*** Begin section ***

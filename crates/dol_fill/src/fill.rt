// Filling an object list.
ghost use Rattle.std.specs.Prelude.{◌≡◌, ◌+◌, ◌≤◌, true, length};
ghost use Rattle.slices.specs.Choice.{unless_empty};
ghost use Rattle.slices.specs.Writing.{put, laid};
ghost use Rattle.start_fields.specs.Reading.{reading_of};
ghost use Rattle.dol_wanted.specs.Wanted.{size_at, fillable, total_of};
ghost use Rattle.session_records.specs.Slots.{told_in};
ghost use Rattle.dol_values.specs.Known.{with_format, supplied};
ghost use Rattle.dol_fill.specs.Filled.{entry_bytes, first_bytes, filled_list, filling};

use crate::Sources;
use answer_common::content::Format;
use dol_values::shape::shape;
use dol_values::supply::{format_of, own_field};
use dol_wanted::{MOST, size_at, total};
use session_records::slots::{has, value};
use slices::blank;
use start_fields::fields::bytes;
use tlv_head::tag::{tag_of, tag_size};

// A field of START in its entry's place, or zeros where START does not have it.
fn fill_own(part: &mut [u8], format: Format, v: &[u8])
    ensures { part.new
        ≡ entry_bytes (length part.old) (with_format format (unless_empty v.now)) }
{
    if v.len() == 0 {
        blank(part, 0);
    } else {
        shape(part, format, v);
    }
}

// One entry's place, filled with the value of its tag, or with zeros where there is none.
fn fill_entry(part: &mut [u8], from: Sources, tag: usize)
    ensures { part.new
        ≡ entry_bytes (length part.old) (supplied (reading_of from.entry.start.now) (told_in from.entry.known.now) tag) }
{
    let format = format_of(tag);
    match own_field(tag) {
        Some(field) => fill_own(part, format, bytes(from.start, field)),
        None => {
            if has(from.known, tag) {
                shape(part, format, value(from.known, tag));
            } else {
                blank(part, 0);
            }
        }
    }
}

// The entry at the front of a list, filled at its place of the buffer, which is lent on as a part.
fn fill_first(list: &[u8], from: Sources, buf: &mut [u8], p: usize)
    requires { p + size_at list.now ≤ length buf.old }
    ensures { buf.new
        ≡ put (first_bytes (reading_of from.entry.start.now) (told_in from.entry.known.now) list.now) p buf.old }
{
    let tag = tag_of(list);
    let end = p + size_at(list);
    fill_entry(&mut buf[p..end], from, tag);
}

// All entries of a list that can be filled, from a place on where they fit.
#[tactic(auto, using(crate::proofs::Turn::inside))]
fn fill_all(list: &[u8], from: Sources, buf: &mut [u8], at: usize)
    requires { (fillable list.now ≡ true) × (at + total_of list.now ≤ length buf.old) }
    ensures { buf.new
        ≡ put (filled_list (reading_of from.entry.start.now) (told_in from.entry.known.now) list.now) at buf.old }
{
    let mut rest = list;
    let mut p = at;
    while !rest.is_empty() {
        fill_first(rest, from, buf, p);
        p += size_at(rest);
        let n = tag_size(rest) + 1;
        rest = &rest[n..];
    }
}

// The list filled from a place of the buffer on. A list that cannot be filled, or that does not fit, changes nothing.
#[tactic(auto, using(crate::proofs::Laying::laying))]
pub fn fill(list: &[u8], from: Sources, buf: &mut [u8], at: usize)
    ensures { buf.new
        ≡ laid (filling (reading_of from.entry.start.now) (told_in from.entry.known.now) list.now) at buf.old }
{
    let n = total(list);
    if MOST < n {
        return;
    }
    if buf.len() < at {
        return;
    }
    if buf.len() - at < n {
        return;
    }
    fill_all(list, from, buf, at);
}
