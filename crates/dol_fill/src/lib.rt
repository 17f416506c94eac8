// Object lists, filled from what the terminal knows, and how many of their entries it does not.
#![tactic(auto)]

pub mod count;
pub mod fill;

// What a list is filled from: START, and the slots of what is known.
#[derive(Clone, Copy)]
pub struct Sources<'a> {
    pub start: &'a [u8],
    pub known: &'a [u8],
}
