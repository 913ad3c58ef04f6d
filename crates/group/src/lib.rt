// Groups: sets of the variants 0 to 15, kept as a mask of 16 bits.
#![tactic(auto)]

ghost use Rattle.std.specs.Prelude.{◌≡◌, ℕ, ◌<◌, Bool, true, false, not, ◌&&◌, ◌||◌, MatchOption, ◌==◌, nat_lt};
ghost use Rattle.group.specs.Groups.{has, none, only, with, without, joined, shared, apart, is_empty, count};

// How many variants there are.
pub const VARIANTS: u8 = 16;

// A set of variants. No group has a variant above 15.
#[derive(Clone, Copy, PartialEq, Eq, PartialOrd, Ord, Debug)]
pub struct Group {
    mask: u16,
}

impl Group {
    #[tactic(auto, using(crate::proofs::Members::has_none))]
    pub fn empty() -> Group
        ensures value { result ≡ none }
        ensures members { (w : ℕ) → has result w ≡ false }
    {
        Group { mask: 0 }
    }

    // The group of v alone, empty if v is above 15.
    pub fn single(v: u8) -> Group
        ensures value { result ≡ only v }
        ensures members { (w : ℕ) → has result w ≡ (nat_lt v 16 && w == v) }
    {
        Group::empty().with(v)
    }

    #[tactic(auto, using(crate::proofs::Members::has_above), unfolding(crate::specs::Groups::has))]
    pub fn has(self, v: u8) -> bool
        ensures value { result ≡ has self v }
        ensures above { (w : ℕ) → nat_lt w 16 ≡ false → has self w ≡ false }
    {
        v < VARIANTS && (self.mask >> v) & 1 == 1
    }

    // With v too; the same group if v is above 15.
    #[tactic(auto, using(crate::proofs::Members::has_with, crate::proofs::Members::with_above), unfolding(crate::specs::Groups::with))]
    pub fn with(self, v: u8) -> Group
        ensures value { result ≡ with self v }
        ensures members { (w : ℕ) → has result w ≡ ((nat_lt v 16 && w == v) || has self w) }
    {
        if v >= VARIANTS {
            return self;
        }
        Group {
            mask: self.mask | 1u16 << v,
        }
    }

    #[tactic(auto, using(crate::proofs::Members::has_without, crate::proofs::Members::without_above), unfolding(crate::specs::Groups::without))]
    pub fn without(self, v: u8) -> Group
        ensures value { result ≡ without self v }
        ensures members { (w : ℕ) → has result w ≡ (not (w == v) && has self w) }
    {
        if v >= VARIANTS {
            return self;
        }
        Group {
            mask: self.mask & !(1u16 << v),
        }
    }

    // The variants of either.
    #[tactic(auto, using(crate::proofs::Members::has_joined))]
    pub fn union(self, other: Group) -> Group
        ensures value { result ≡ joined self other }
        ensures members { (w : ℕ) → has result w ≡ (has self w || has other w) }
    {
        Group {
            mask: self.mask | other.mask,
        }
    }

    // The variants of both.
    #[tactic(auto, using(crate::proofs::Members::has_shared))]
    pub fn intersection(self, other: Group) -> Group
        ensures value { result ≡ shared self other }
        ensures members { (w : ℕ) → has result w ≡ (has self w && has other w) }
    {
        Group {
            mask: self.mask & other.mask,
        }
    }

    // The variants that the other has not.
    #[tactic(auto, using(crate::proofs::Members::has_apart))]
    pub fn difference(self, other: Group) -> Group
        ensures value { result ≡ apart self other }
        ensures members { (w : ℕ) → has result w ≡ (has self w && not (has other w)) }
    {
        Group {
            mask: self.mask & !other.mask,
        }
    }

    #[tactic(auto, using(crate::proofs::Members::empty_none, crate::proofs::Members::not_empty_least), unfolding(crate::specs::Groups::is_empty))]
    pub fn is_empty(self) -> bool
        ensures value { result ≡ is_empty self }
        ensures members { result ≡ true → (w : ℕ) → has self w ≡ false }
        ensures inhabited { result ≡ false → (w : ℕ) × (has self w ≡ true) }
    {
        self.mask == 0
    }

    // How many variants it has.
    #[tactic(auto, using(crate::proofs::Members::ones_members))]
    pub fn size(self) -> u32
        ensures { result ≡ count (has self) 16 }
    {
        self.mask.count_ones()
    }

    // Its smallest variant.
    pub fn least(self) -> Option<u8>
        ensures { MatchOption result ((w : ℕ) → has self w ≡ false) (λ v. (has self v ≡ true) × ((w : ℕ) → w < v → has self w ≡ false)) }
    {
        if self.is_empty() {
            return None;
        }
        Some(self.mask.trailing_zeros() as u8)
    }

    // A number that tells groups apart.
    pub fn mask(self) -> u16
        ensures { result ≡ self.mask }
    {
        let Group { mask } = self;
        mask
    }
}
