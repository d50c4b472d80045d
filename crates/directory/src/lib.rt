// The slots of a directory: entries read, searched and written. The 16 bytes of a slot, starting mid-block, are handed to the entry's functions.
#![tactic(auto)]

ghost use Rattle.std.specs.Prelude.{◌≡◌, ℕ, Bool, List, IfSome, ◌+◌, ◌*◌, ◌<◌, ◌≤◌, length};
ghost use Rattle.octets.specs.Octets.{part};
ghost use Rattle.bounded.specs.Search.{first};
ghost use Rattle.layout.specs.Sizes.{block_bytes};
ghost use Rattle.blocks.specs.Block.{block_at, kth_block};
ghost use Rattle.names.specs.Name.{name_bytes};
ghost use Rattle.names.specs.Entry.{entry_bytes, name_at, is_empty, entry_inode};
ghost use Rattle.names.specs.Words.{words_at, same_words};
ghost use Rattle.directory.specs.Slot.{slots_in_block, most_slots, slots, slot_at, entry_of, find_slot, empty_slot, put_entry, clear_entry};
ghost use Rattle.directory.specs.Fits.{DirFits};
ghost use Rattle.directory.specs.Test.{Tests};

use layout::sizes::{BLOCK_BYTES, MOST_DIRECTORY_BLOCKS};
use names::{ENTRY_BYTES, Name};

pub const SLOTS_IN_BLOCK: usize = 4;

pub const MOST_SLOTS: usize = SLOTS_IN_BLOCK * MOST_DIRECTORY_BLOCKS;

// How many slots the directory has.
pub fn slot_count(s: &[u8], n: usize, d: usize) -> usize
    requires { DirFits s.now n d }
    ensures { (result ≡ slots s.now d) × (result ≤ most_slots) }
{
    SLOTS_IN_BLOCK * blocks::blocks_used(layout::inode::size(s, n, d) as usize)
}

// Where the k-th block of the directory starts.
pub fn block_start(s: &[u8], n: usize, d: usize, k: usize) -> usize
    requires { DirFits s.now n d × (slots_in_block * k < slots s.now d) }
    ensures { (result ≡ block_at n (kth_block s.now n d k)) × (result + block_bytes ≤ length s.now) }
{
    let b = blocks::kth_block(s, n, d, k) as usize;
    blocks::block_at(n, b)
}

// Where slot t of the directory starts.
pub fn slot_at(s: &[u8], n: usize, d: usize, t: usize) -> usize
    requires { DirFits s.now n d × (t < slots s.now d) }
    ensures { (result ≡ slot_at s.now n d t) × (result + entry_bytes ≤ length s.now) }
{
    block_start(s, n, d, t / SLOTS_IN_BLOCK) + ENTRY_BYTES * (t % SLOTS_IN_BLOCK)
}

// The lowest slot of a block whose entry passes.
fn first_in_block<F: Fn(&[u8]) -> bool + Copy>(block: &[u8], passes: F) -> Option<usize>
    requires long { length block.now ≡ block_bytes }
    requires asked { (e : _) → length e.now ≡ entry_bytes → F.pre passes e }
    ensures below { IfSome result (λ j. j < slots_in_block) }
    ensures lowest { (p : List ℕ → Bool) → Tests F.Fn passes p
        → result ≡ first (λ j. p (part block.now (entry_bytes * j) entry_bytes)) slots_in_block }
{
    for j in 0..SLOTS_IN_BLOCK {
        let o = ENTRY_BYTES * j;
        if passes(&block[o..o + ENTRY_BYTES]) {
            return Some(j);
        }
    }
    None
}

// The lowest slot whose entry passes: an address is read once for its four slots.
fn first_slot<F: Fn(&[u8]) -> bool + Copy>(s: &[u8], n: usize, d: usize, passes: F) -> Option<usize>
    requires fits { DirFits s.now n d }
    requires asked { (e : _) → length e.now ≡ entry_bytes → F.pre passes e }
    ensures { (p : List ℕ → Bool) → Tests F.Fn passes p
        → result ≡ first (λ t. p (entry_of s.now n d t)) (slots s.now d) }
{
    let count = slot_count(s, n, d);
    for k in 0..count / SLOTS_IN_BLOCK {
        let o = block_start(s, n, d, k);
        let found = first_in_block(&s[o..o + BLOCK_BYTES], passes);
        if let Some(j) = found {
            return Some(SLOTS_IN_BLOCK * k + j);
        }
    }
    None
}

// The slot of the name.
pub fn find_slot(s: &[u8], n: usize, d: usize, name: &[u8]) -> Option<usize>
    requires { DirFits s.now n d × (length name.now ≤ name_bytes) }
    ensures { result ≡ find_slot s.now n d name.now }
{
    let words = Name::of(name);
    first_slot(s, n, d, |entry| names::same_name(entry, words))
}

// The lowest empty slot.
pub fn empty_slot(s: &[u8], n: usize, d: usize) -> Option<usize>
    requires { DirFits s.now n d }
    ensures { result ≡ empty_slot s.now n d }
{
    first_slot(s, n, d, names::is_empty)
}

// The inode that slot t names.
pub fn slot_inode(s: &[u8], n: usize, d: usize, t: usize) -> u16
    requires { DirFits s.now n d × (t < slots s.now d) }
    ensures { result ≡ entry_inode (entry_of s.now n d t) }
{
    let o = slot_at(s, n, d, t);
    names::entry_inode(&s[o..o + ENTRY_BYTES])
}

pub fn put_entry(s: &mut [u8], n: usize, d: usize, t: usize, inode: u16, name: &[u8])
    requires { DirFits s.old n d × (t < slots s.old d) × (length name.now ≤ name_bytes) }
    ensures { s.new ≡ put_entry s.old n d t inode name.now }
{
    let o = slot_at(&*s, n, d, t);
    names::put_entry(&mut s[o..o + ENTRY_BYTES], inode, name);
}

pub fn clear_entry(s: &mut [u8], n: usize, d: usize, t: usize)
    requires { DirFits s.old n d × (t < slots s.old d) }
    ensures { s.new ≡ clear_entry s.old n d t }
{
    let o = slot_at(&*s, n, d, t);
    octets::zero_range(&mut *s, o, ENTRY_BYTES);
}
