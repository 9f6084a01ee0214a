// How a draft is made.
ghost use Rattle.std.specs.Prelude.{◌≡◌, [], IfOk, IfErr, is_ok, if◌then◌else◌};
ghost use Rattle.rules.specs.Grounds.{Setting, kept, with_line};
ghost use Rattle.ledger.specs.Places.{Meets, Between};
ghost use Rattle.ledger.specs.Drafted.{drafted};
ghost use Rattle.ledger.specs.Answers.{put_answer};

use crate::draft::Draft;
use crate::near::is_near;
use crate::unheld::Unheld;
use arrayvec::ArrayVec;
use joining::Joining;
use rules::Line;

// Of two lines with equal row and level, the one whose constant isn't worse.
fn kept<J: Joining>(line: Line, here: Line) -> Line
    ensures { (S : Setting) → S.joining line.row ≡ J.Joining.rule → result ≡ kept S line here }
{
    if J::is_worse(line.constant, here.constant) {
        here
    } else {
        line
    }
}

impl Draft {
    // A draft with no line.
    pub fn empty() -> Draft
        ensures { drafted result ≡ [] }
    {
        Draft {
            lines: ArrayVec::new(),
        }
    }

    // Drops all lines.
    pub fn clear(&mut self)
        ensures { drafted self.new ≡ [] }
    {
        self.lines.clear();
    }

    // The lines.
    pub fn lines(&self) -> &[Line]
        ensures { result.now ≡ drafted self.now }
    {
        &self.lines
    }

    // Where the line with the row and level of another stands, or where the other goes.
    fn place_of(&self, line: Line) -> Result<usize, usize>
        ensures found { IfOk result (Meets (drafted self.now) line) }
        ensures absent { IfErr result (Between (drafted self.now) line) }
    {
        self.lines
            .binary_search_by_key(&(line.row, line.level), |here| (here.row, here.level))
    }

    // Adds a line of a row that has the joining: of two with equal row and level, the one whose constant isn't worse remains.
    // Nothing is altered where the line is none that the tables hold.
    pub fn put<J: Joining>(&mut self, line: Line) -> Result<(), Unheld>
        ensures told { result ≡ put_answer line }
        ensures lines { (S : Setting) → S.joining line.row ≡ J.Joining.rule → drafted self.new ≡ (if is_ok result then with_line S line (drafted self.old) else drafted self.old) }
    {
        if !is_near(line) {
            return Err(Unheld::FarLine);
        }
        match self.place_of(line) {
            Ok(at) => self.lines[at] = kept::<J>(line, self.lines[at]),
            Err(at) => self.lines.insert(at, line),
        }
        Ok(())
    }
}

*** End section ***

Directions —
Go through the lines above. Select every one that has the string "entries".

Response box —
// All entries of a list that can be filled, from a place on where they fit.
// Object lists, filled from what the terminal knows, and how many of their entries it does not.
// The slots of a directory: entries read, searched and written. The 16 bytes of a slot, starting mid-block, are handed to the entry's functions.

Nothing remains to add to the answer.